Taking Responsibility
The War on Terror and its social, political, and economic wreckage is now twenty years old. It’s lasted twice as long as my adult life. It saw the world’s last remaining superpower usher in a new century by trying to measure problems in terms of the tonnage of ordnance it could drop on them. Now — in a world ravaged by an ongoing pandemic, in which just last week the international body of climate scientists declared a code red for humanity — it is surely time to pursue approaches to humanitarian emergencies based on something better than endless militarization.
Concerted effort to prevent a refugee emergency on the scale of the 2015–17 Mediterranean crisis is the most important demand we can make now.
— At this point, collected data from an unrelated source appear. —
//! Marks by number.
ghost use Rattle.std.specs.Prelude.{◌≡◌, ◌<◌, ◌||◌, ◌==◌, ℕ, false, length, slice_index_or};

/// Returns whether a number is marked.
pub(crate) fn is_marked(marks: &[bool], number: u32) -> bool
    ensures { result ≡ slice_index_or marks.now number false }
{
    match marks.get(number as usize) {
        Some(is_marked) => *is_marked,
        None => false,
    }
}

/// Marks a number, if there is one for it.
#[tactic(auto, using(crate::proofs::Marking::one_marked))]
pub(crate) fn mark(marks: &mut Vec<bool>, number: u32)
    ensures length { length marks.new.items ≡ length marks.old.items }
    ensures marked { (k : ℕ) → k < length marks.old.items
        → slice_index_or marks.new.items k false ≡ (slice_index_or marks.old.items k false || number == k) }
{
    let place = number as usize;
    if place < marks.len() {
        marks[place] = true;
    }
}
And this is the very least that countries largely responsible for the current situation can do. Every major country should accept its fair share of fleeing Afghans, starting with but not limited to those who it has direct responsibilities to protect. High-tech coastal infrastructure should be used to facilitate, not deny, safe passage to human beings. And a significant international relief package must be assembled to ensure Afghanistan’s neighbors can manage the influx of refugees and support people fleeing terror.
None of this can undo the damage done over the past two decades. But, at the very least, the coda to this dismal affair could be genuine action to help suffering human beings.